GP is using consolidated workloads to optimize numerous IIoT production systems, such as machine vision and environmental sensors. Intel’s unified framework has, for example, helped GP improve its machine vision-based anomaly detection system. The system uses fixed cameras to monitor and identify changes during production. GP uses machine vision in production for everything from automatically tracking production materials and ensuring delivery to the proper destination to identifying whether a machine is operating outside of its specified parameters. This automated quality control improves output by reducing production-related errors and minimizing downtime.
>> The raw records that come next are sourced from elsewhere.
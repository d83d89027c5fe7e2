// What becomes of each start of a stream, held against demand 3 by the plain search: a ring, a set that was set aside, and at the end every
// occurrence. The stream is always the bytes so far; the answer is that to the last of them.
use crate::tally::{Tally, count};
use driver_input::{behind, until};
use naive_search::{collides, occurs, print_of, stages};
use stage::Progression;
use walk::Answer;

// The most starts of a stream: as many as the longest stream has.
const STARTS: usize = 9000;

// A pattern, a stream and a key.
#[derive(Clone, Copy)]
pub(crate) struct Case<'a> {
    pub pattern: &'a [u8],
    pub stream: &'a [u8],
    pub key: u32,
}

// What was reported of a start.
#[derive(Clone, Copy, PartialEq, Eq)]
enum Fate {
    Unheard,
    Rung,
    SetAside,
}

// What was reported of each start in a pass, and the counters of the case.
#[derive(Drop)]
pub(crate) struct Account {
    fates: [Fate; STARTS],
    pub tally: Tally,
}

impl Account {
    // Before a pass.
    pub(crate) fn new(tally: Tally) -> Account {
        Account {
            fates: [Fate::Unheard; STARTS],
            tally: Tally { digest: 0, ..tally },
        }
    }

    fn fate(&self, start: usize) -> Fate {
        self.fates.get(start).copied().unwrap_or(Fate::Unheard)
    }

    // A start is reported: it must be new.
    fn report(&mut self, start: usize, fate: Fate) {
        let new = self.fate(start) == Fate::Unheard;
        self.tally.expect(new);
        if let Some(place) = self.fates.get_mut(start) {
            *place = fate;
        }
    }

    // A start rang. It must end at the last byte; a false one must have the pattern's fingerprint.
    fn rung(&mut self, case: Case, start: usize) {
        let m = case.pattern.len();
        count(&mut self.tally.rings, 1);
        self.tally
            .expect(start.wrapping_add(m) == case.stream.len());
        if !occurs(case.stream, start, case.pattern) {
            let block = until(behind(case.stream, start), m);
            count(&mut self.tally.false_rings, 1);
            self.tally.expect(print_of(block, case.key) == print_of(case.pattern, case.key));
        }
    }

    // The ring, whose start must be new; in the digest it is 0, or one more than the start.
    fn hear(&mut self, case: Case, ring: Option<u64>) {
        let Some(start) = ring else {
            self.tally.mix(0);
            return;
        };
        self.tally.mix(start.wrapping_add(1));
        self.report(start as usize, Fate::Rung);
        self.rung(case, start as usize);
    }

    // One start of a set: it must be new, and no whole pattern yet.
    fn put_aside(&mut self, case: Case, start: usize) {
        let heard = case.stream.len();
        count(&mut self.tally.aside, 1);
        self.tally.expect(start < heard && heard < start.wrapping_add(case.pattern.len()));
        self.report(start, Fate::SetAside);
    }

    // A set, which needs a collision; in the digest it is its three numbers.
    fn set_aside(&mut self, case: Case, set: Progression) {
        count(&mut self.tally.sets, 1);
        self.tally.mix(set.first);
        self.tally.mix(set.step as u64);
        self.tally.mix(set.many as u64);
        self.tally
            .expect(collides(case.stream, case.pattern, case.key));
        let mut start = set.first as usize;
        for _ in 0..set.many {
            self.put_aside(case, start);
            start = start.wrapping_add(set.step as usize);
        }
    }

    // An answer: its comparisons, 1 and at most one more for each stage; its ring; and its sets.
    pub(crate) fn take(&mut self, case: Case, answer: Answer) {
        let taken_off = answer.comparisons.wrapping_sub(1);
        self.tally.expect(taken_off <= stages(case.pattern.len()));
        count(&mut self.tally.comparisons, answer.comparisons);
        self.tally.mix(answer.comparisons as u64);
        self.tally.mix(answer.asides as u64);
        self.hear(case, answer.ring);
        for set in answer.set_asides() {
            self.set_aside(case, *set);
        }
    }

    // After the stream: an occurrence at a start was reported.
    fn settle_start(&mut self, start: usize) {
        let fate = self.fate(start);
        count(&mut self.tally.occurrences, 1);
        self.tally.expect(fate != Fate::Unheard);
        if fate == Fate::SetAside {
            count(&mut self.tally.missed, 1);
        }
    }

    // The same for every start.
    pub(crate) fn settle(&mut self, case: Case) {
        for start in 0..case.stream.len() {
            if occurs(case.stream, start, case.pattern) {
                self.settle_start(start);
            }
        }
    }
}
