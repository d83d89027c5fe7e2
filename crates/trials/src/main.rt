// The trials: the compiled library against a search that knows nothing of it (crate `naive_search`). Standard input brings cases: a key, the
// lengths of a pattern and of a stream, 4 bytes each and little-endian, and the bytes of both. Each stream is taken several times over, cut in
// other places by parking and resuming. What is printed are counts of what was tried, and of the checks that failed. differential/trials.py
// writes the cases and works out what must be printed.
#![tactic(auto)]

ghost use Rattle.std.specs.Prelude.{◌<◌, length, IfSome};

use crate::account::Case;
use driver_input::until;
use record::word_at;
use std::io;

mod account; // account.rt: an answer, held against demand 3
mod passes; // passes.rt: a stream, cut in one place after another
mod tally; // tally.rt: counters and a digest

// The most bytes of all cases.
const ROOM: usize = 1048576;

// What stands before a case's pattern, and the most bytes that pattern and stream may have.
const HEAD: usize = 12;

const LONGEST_PATTERN: usize = 4096;

const LONGEST_STREAM: usize = 9000;

// The case at the front, and what stands behind it; none where it is cut short or too long.
fn next_case<'a>(input: &'a [u8]) -> Option<(Case<'a>, &'a [u8])>
    ensures { IfSome result (λ r. length r.1.now < length input.now) }
{
    let m = word_at(input, 4) as usize;
    let n = word_at(input, 8) as usize;
    if LONGEST_PATTERN < m || LONGEST_STREAM < n || input.len() < HEAD + m + n {
        return None;
    }
    let (pattern, rest) = input[HEAD..].split_at(m);
    let (stream, behind) = rest.split_at(n);
    let key = word_at(input, 0);
    Some((
        Case {
            pattern,
            stream,
            key,
        },
        behind,
    ))
}

// Tries a case, prints its line and hands back the failures.
fn try_case(rt: &HostRuntime, case: Case) -> io::Result<u32> {
    let tally = passes::all(case);
    print!(rt; "{} {}", case.pattern.len(), case.stream.len())?;
    tally.print(rt)?;
    Ok(tally.failures)
}

// Case after case; hands back the failures. A case that is cut short or too long is one, and the last.
fn run(rt: &HostRuntime, input: &[u8]) -> io::Result<u32> {
    let mut failures: u32 = 0;
    let mut left = input;
    while !left.is_empty() {
        let Some((case, behind)) = next_case(left) else {
            println!(rt; "a case is cut short or too long")?;
            return Ok(failures.wrapping_add(1));
        };
        failures = failures.wrapping_add(try_case(rt, case)?);
        left = behind;
    }
    Ok(failures)
}

// Reads the cases and tries them. (What comes is read as in the other programs: three lines, in crates of their own.)
fn serve(rt: &HostRuntime, room: &mut [u8; ROOM]) -> io::Result<()> {
    println!(rt;
        "pattern stream passes cuts occurrences missed rings false sets aside comparisons digest failures"
    )?;
    let count = descriptor::fill(&mut rt.stdin(), room).unwrap_or_else(|failed| failed.count);
    let failures = run(rt, until(room, count))?;
    println!(rt; "failures {failures}")
}

fn main(rt: HostRuntime) -> io::Result<()> {
    let mut room = [0u8; ROOM];
    serve(&rt, &mut room)
}
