//! What a command line asks for.
use crate::by_name::in_order;
use crate::input::{STANDARD, name_of};
use clap::error::ErrorKind;
use clap::{Arg, ArgAction, ArgMatches, Command, value_parser};
use mimic_expect::{ExpectOptions, Lines};
use std::alloc::{AllocError, Global};
use std::{env, io};
use thiserror::Error;

// What `--color` takes.
static COLOURS: [&str; 3] = ["auto", "always", "never"];

// What `--root` takes.
static ROOTS: [&str; 2] = ["testsuites", "testsuite"];

// The factor of `--slower` if the line doesn't say it.
const SLOWER: &str = "1.25";

// How many of the slowest trials are printed if the line doesn't say it.
const SLOWEST: &str = "20";

/// The reports in these files are to be joined, as those of `shards` shards.
#[derive(Debug, Drop)]
pub(crate) struct Join {
    pub(crate) shards: usize,
    pub(crate) equal_names: bool,
    /// Whether what can be read is joined if reports are cut, unreadable or absent.
    pub(crate) cut: bool,
    /// Whether the files were put in the order of the numbers in their names.
    pub(crate) by_name: bool,
    pub(crate) files: Vec<String>,
}

/// The reports in these files are to be printed as JUnit's XML.
#[derive(Debug, Drop)]
pub(crate) struct Junit {
    /// The name of their program. With `None`, there is one report, and it gets the name of its file.
    pub(crate) name: Option<String>,
    /// Whether the status says that a trial failed.
    pub(crate) shows_failures: bool,
    pub(crate) root: Root,
    pub(crate) files: Vec<String>,
}

/// The root of a document of JUnit's XML.
#[derive(Clone, Copy, Debug, PartialEq, Eq)]
pub(crate) enum Root {
    /// An element that has those of all reports.
    Testsuites,
    /// The element of the one report that there is.
    Testsuite,
}

/// When a report has colours.
#[derive(Clone, Copy, Debug)]
pub(crate) enum Colours {
    /// If standard output shows colours, as for a report of the harness.
    Auto,
    Always,
    Never,
}

/// The report in this file, or only its failures, is to be printed as the harness prints it.
#[derive(Debug, Drop)]
pub(crate) struct Show {
    pub(crate) only_failed: bool,
    pub(crate) colours: Colours,
    pub(crate) file: String,
}

/// The reports in these files are to be compared with the known failures in a file.
#[derive(Debug, Drop)]
pub(crate) struct Expect {
    /// How they are compared, and how what is found is printed.
    pub(crate) options: ExpectOptions,
    /// Whether the file is to be brought up to date. It isn't standard input then.
    pub(crate) updates: bool,
    pub(crate) known: String,
    pub(crate) files: Vec<String>,
}

/// The failures of the reports in these files are to be printed as known ones.
#[derive(Debug, Drop)]
pub(crate) struct Known {
    pub(crate) files: Vec<String>,
}

/// The reports in these two files are to be compared.
#[derive(Debug, Drop)]
pub(crate) struct Compare {
    /// The factor by which a time is slower or faster than before, in hundredths.
    pub(crate) slower: u64,
    /// Whether kinds and names are listed that were not run in one report.
    pub(crate) lists_not_run: bool,
    pub(crate) old: String,
    pub(crate) new: String,
}

/// The report in this file is to be printed as a page of HTML.
#[derive(Debug, Drop)]
pub(crate) struct Page {
    /// What is in its heading. With `None`, it is the name of the file.
    pub(crate) title: Option<String>,
    /// What is below its heading.
    pub(crate) notes: Vec<String>,
    /// How many rows of trials that did not fail are listed at most.
    pub(crate) most: u64,
    pub(crate) file: String,
}

/// The slowest trials of the reports in these files are to be printed.
#[derive(Debug, Drop)]
pub(crate) struct Slowest {
    /// How many are printed at most.
    pub(crate) count: usize,
    pub(crate) files: Vec<String>,
}

/// The report on standard input is to be shown as it comes.
#[derive(Clone, Copy, Debug)]
pub(crate) struct Watch {
    /// How many columns a line of how far the run is has at most, if the line says it.
    pub(crate) columns: Option<usize>,
}

/// What a line asks for.
#[derive(Debug, Drop)]
pub(crate) enum Line {
    Join(Join),
    Junit(Junit),
    Show(Show),
    Expect(Expect),
    Known(Known),
    Compare(Compare),
    Page(Page),
    Slowest(Slowest),
    Watch(Watch),
}

/// Why a line asks for nothing.
#[derive(Debug, Drop, Error)]
pub(crate) enum LineError {
    #[error("out of memory")]
    OutOfMemory(#[from(alloc)] AllocError),
    /// The words could not be read.
    #[error("cannot read the arguments: {0}")]
    Unread(io::Error),
    /// Standard input is named twice.
    #[error("standard input can be read once only")]
    TwoInputs,
    /// The files may be those of shards, so their names say no program.
    #[error("junit of several files, or of one whose name is a number, needs --name PROGRAM")]
    NoName,
    /// One report is to be the root of a document, and there are several.
    #[error("junit --root testsuite takes one FILE")]
    ManyFiles,
    /// Two files are to be ordered whose names have the same numbers, or none.
    #[error("--by-name can't order {first} and {second}, whose names have the same numbers or none")]
    SameNumbers { first: String, second: String },
    /// Standard input is to be ordered by a name.
    #[error("--by-name can't order standard input, which has no name")]
    NamelessInput,
    /// Standard input is to be brought up to date.
    #[error("expect --update can't write standard input, so KNOWN must be a file")]
    InputUpdated,
    /// No subcommand is named that is read here.
    #[error("no subcommand")]
    NoSubcommand,
    /// Help was asked for, or `clap` refused the line.
    #[error("{0}")]
    Shown(clap::Error),
}

impl Line {
    /// Reads the program's line.
    pub(crate) fn from_args(rt: &HostRuntime, alloc: Global) -> Result<Line, LineError> {
        let words: Vec<String> = env::args(rt).map_err(LineError::Unread)?.collect(alloc)?;
        let matches = command(alloc)?
            .try_get_matches_from(words.as_slice())
            .map_err(LineError::Shown)?;
        Line::from_matches(alloc, &matches)
    }

    fn from_matches(alloc: Global, matches: &ArgMatches<'_>) -> Result<Line, LineError> {
        Ok(match matches.subcommand() {
            Some(("join", join)) => Line::Join(Join::from_matches(alloc, join)?),
            Some(("junit", junit)) => Line::Junit(Junit::from_matches(alloc, junit)?),
            Some(("show", show)) => Line::Show(Show::from_matches(alloc, show)?),
            Some(("expect", expect)) => Line::Expect(Expect::from_matches(alloc, expect)?),
            Some(("known", known)) => Line::Known(Known {
                files: files_of(alloc, known)?,
            }),
            Some(("compare", compare)) => Line::Compare(Compare::from_matches(alloc, compare)?),
            Some(("page", page)) => Line::Page(Page::from_matches(alloc, page)?),
            Some(("slowest", slowest)) => Line::Slowest(Slowest::from_matches(alloc, slowest)?),
            Some(("watch", watch)) => Line::Watch(Watch {
                columns: watch.get_one::<usize>("columns"),
            }),
            // `clap` has refused a line with no subcommand or with another one.
            _ => return Err(LineError::NoSubcommand),
        })
    }
}

impl Join {
    fn from_matches(alloc: Global, matches: &ArgMatches<'_>) -> Result<Join, LineError> {
        let by_name = matches.get_flag("by-name");
        let files = files_of(alloc, matches)?;
        Ok(Join {
            // `--shards` is required.
            shards: matches.get_one::<usize>("shards").unwrap_or(0),
            equal_names: matches.get_flag("equal-names"),
            cut: matches.get_flag("cut"),
            by_name,
            files: if by_name {
                in_order(alloc, files)?
            } else {
                files
            },
        })
    }
}

impl Junit {
    fn from_matches(alloc: Global, matches: &ArgMatches<'_>) -> Result<Junit, LineError> {
        let name = matches
            .get_str("name")
            .map(|name| String::from_str(alloc, name))
            .transpose()?;
        let root = match matches.get_str("root") {
            Some("testsuite") => Root::Testsuite,
            _ => Root::Testsuites,
        };
        let files = files_of(alloc, matches)?;
        if root == Root::Testsuite && files.len() > 1 {
            return Err(LineError::ManyFiles);
        }
        if name.is_none() && !is_of_program(&files) {
            return Err(LineError::NoName);
        }
        Ok(Junit {
            name,
            shows_failures: matches.get_flag("status"),
            root,
            files,
        })
    }
}
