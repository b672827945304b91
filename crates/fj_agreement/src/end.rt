ghost use Rattle.std.specs.Prelude.{◌≡◌, Some, [], ◌++◌};

use crate::chosen::{Chosen, TheChosen};
use crate::values::{Agreed, Known, Tells};
use crate::word::{Anew, Half, Loads, Meet, Spare, Together, Token, Word};
use std::marker::{Brand, Model};
use std::mem;
use std::sync::Arc;

/// One of the two ends of a pair. It knows a value, the same as the other end. It may be sent to another thread. Java has no counterpart.
pub struct End<V: Known> {
    pub(crate) table: Arc<Word<V>>,
    pub(crate) token: Token<V>,
}

impl<V: Known> Model for End<V> {
    ghost use Rattle.std.specs.Prelude.{◌≡◌, [], length, slice_index_or};
    ghost use Rattle.std.specs.Arc.{arc_value};
    ghost use Rattle.fj_agreement.specs.Ends.{EndState};

    ghost Value = { EndState V };

    // There is always exactly one value, so the default is never used.
    ghost view = { λ e. record { pair = e.token.table_id; value = slice_index_or e.token.me.0 0 V.first } };

    ghost invariant = { λ e. record {
      place : (arc_value e.table).shared.table_id ≡ e.token.table_id;
      one_word : e.token.table_id.words ≡ 1;
      no_slot : e.token.me.1 ≡ [];
      one_value : length e.token.me.0 ≡ 1;
    } };
}

// By hand, since a derive would need `V: Drop` too.
impl<V: Known> Drop for End<V> {
    fn drop(self) {
        let End { table: _, token: _ } = self;
    }
}

impl<V: Known> End<V> {
    /// Proves that the two ends know the same value. Nothing changes. It costs four loads.
    ///
    /// Precondition: they are the ends of one pair.
    #[inline(always)]
    pub fn meet(&mut self, other: &mut End<V>)
        requires pair { self.old.pair ≡ other.old.pair }
        ensures same { self.old.value ≡ other.old.value }
        ensures stays { (self.new ≡ self.old) × (other.new ≡ other.old) }
    {
        let loads = &self.table.shared;
        gather(loads, &mut self.token, &mut other.token);
        loads.load::<Meet>(&mut self.token, 0);
        other.token = loads.split_seat::<Half>(&mut self.token);
    }

    /// Both ends know a new value from now on, which the caller picks. It costs three loads.
    ///
    /// Precondition: they are the ends of one pair.
    #[inline(always)]
    pub fn agree<A: Agreed<V>>(&mut self, other: &mut End<V>)
        requires pair { self.old.pair ≡ other.old.pair }
        ensures value { (self.new.value ≡ A.value) × (other.new.value ≡ A.value) }
        ensures stays { (self.new.pair ≡ self.old.pair) × (other.new.pair ≡ other.old.pair) }
    {
        let loads = &self.table.shared;
        gather(loads, &mut self.token, &mut other.token);
        other.token = loads.split_seat::<Anew<A>>(&mut self.token);
    }

    /// Both ends know the value of `teller` from now on, which is not read. It costs three loads.
    ///
    /// Precondition: they are the ends of one pair.
    #[inline(always)]
    pub fn agree_on<T: Tells<V>>(&mut self, other: &mut End<V>, teller: &T)
        requires pair { self.old.pair ≡ other.old.pair }
        ensures value { (self.new.value ≡ T.told teller.now) × (other.new.value ≡ T.told teller.now) }
        ensures stays { (self.new.pair ≡ self.old.pair) × (other.new.pair ≡ other.old.pair) }
    {
        agree_as::<V, Brand, T>(self, other, teller);
    }
}

/// Both ends know the chosen value from now on. Preconditions: it is the value of `_teller`; they are the ends of one pair.
#[inline(always)]
fn agree_as<V: Known, C: Chosen<V>, T: Tells<V>>(one: &mut End<V>, other: &mut End<V>, _teller: &T)
    requires chosen { C.chosen ≡ Some (T.told _teller.now) }
    requires pair { one.old.pair ≡ other.old.pair }
    ensures value { (one.new.value ≡ T.told _teller.now) × (other.new.value ≡ T.told _teller.now) }
    ensures stays { (one.new.pair ≡ one.old.pair) × (other.new.pair ≡ other.old.pair) }
{
    one.agree::<TheChosen<C>>(other);
}

/// Moves what the other token knows into this one. Preconditions: both are of this word, and hold no slot.
#[inline(always)]
fn gather<V: Known>(loads: &Loads<V>, token: &mut Token<V>, other: &mut Token<V>)
    requires table { (token.old.table_id ≡ loads.now.table_id) × (other.old.table_id ≡ loads.now.table_id) × (loads.now.table_id.words ≡ 1) }
    requires no_slot { (token.old.me.1 ≡ []) × (other.old.me.1 ≡ []) }
    ensures table { (token.new.table_id ≡ token.old.table_id) × (other.new.table_id ≡ other.old.table_id) }
    ensures token { token.new.me ≡ (token.old.me.0 ++ other.old.me.0, []) }
    ensures other { other.new.me ≡ ([], []) }
{
    // A join takes the other token by value, so a placeholder is left for it.
    let spare = loads.split_seat::<Spare>(token);
    let taken = mem::replace(other, spare);
    loads.join_seat::<Together>(token, taken);
}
Intel’s Industrial Edge Insights Software: On-site Production Ready Middleware to Enable Industrial Analytics & Insights
Intel’s Unified Edge Framework is a set of guiding principles that help enterprises to define their own IoT network architecture. Intel has also developed Industrial Edge Insights Software, a product-quality software stack designed to accelerate the development and deployment of Industrial IoT solutions.
Industrial Edge Insights Software is designed to enable OEMs, systems integrators and software developers to securely ingest, process, store, orchestrate, and manage data across a diverse set of operating systems and industrial protocols. The software stack facilitates the development and deployment of workloads and applications across a variety of hardware nodes in an IIoT production environment, and also enables near real-time event driven control.
This software also supports the management of a wide range of computational, storage, and device solutions. It is currently optimized – using both time series data and video/image data – for industrial applications, such as quality control, predictive maintenance, worker safety, and factory optimization. In a production environment, it can be used to support high performance inferencing, in conjunction with the Intel® Distribution of OpenVINO™ toolkit – which is imperative for real-time machine vision defect inspection, equipment maintenance, quality control, and security monitoring. OpenVINO-based algorithms are proven tools for the deployment of machine learning and deep learning artificial intelligence applications throughout the industrial factory production process.
More tools like Intel’s edge framework and the Industrial Edge Insights Software are in the works, and Intel is developing IIoT hardware and software solutions for enabling real-time control of industrial applications. This includes new solutions that manufacturers can implement for optimizing the use of robotics, motion control, and virtualization of protection relays.
Connected solutions deliver a competitive advantage by enabling process optimization, new business models leading to additional revenue streams, and predictive maintenance to maximize equipment life. As Georgia Pacific’s experience underscores, when it comes to powering the intelligent factory, Intel IIoT solutions are streamlining production processes, from the edge to the cloud.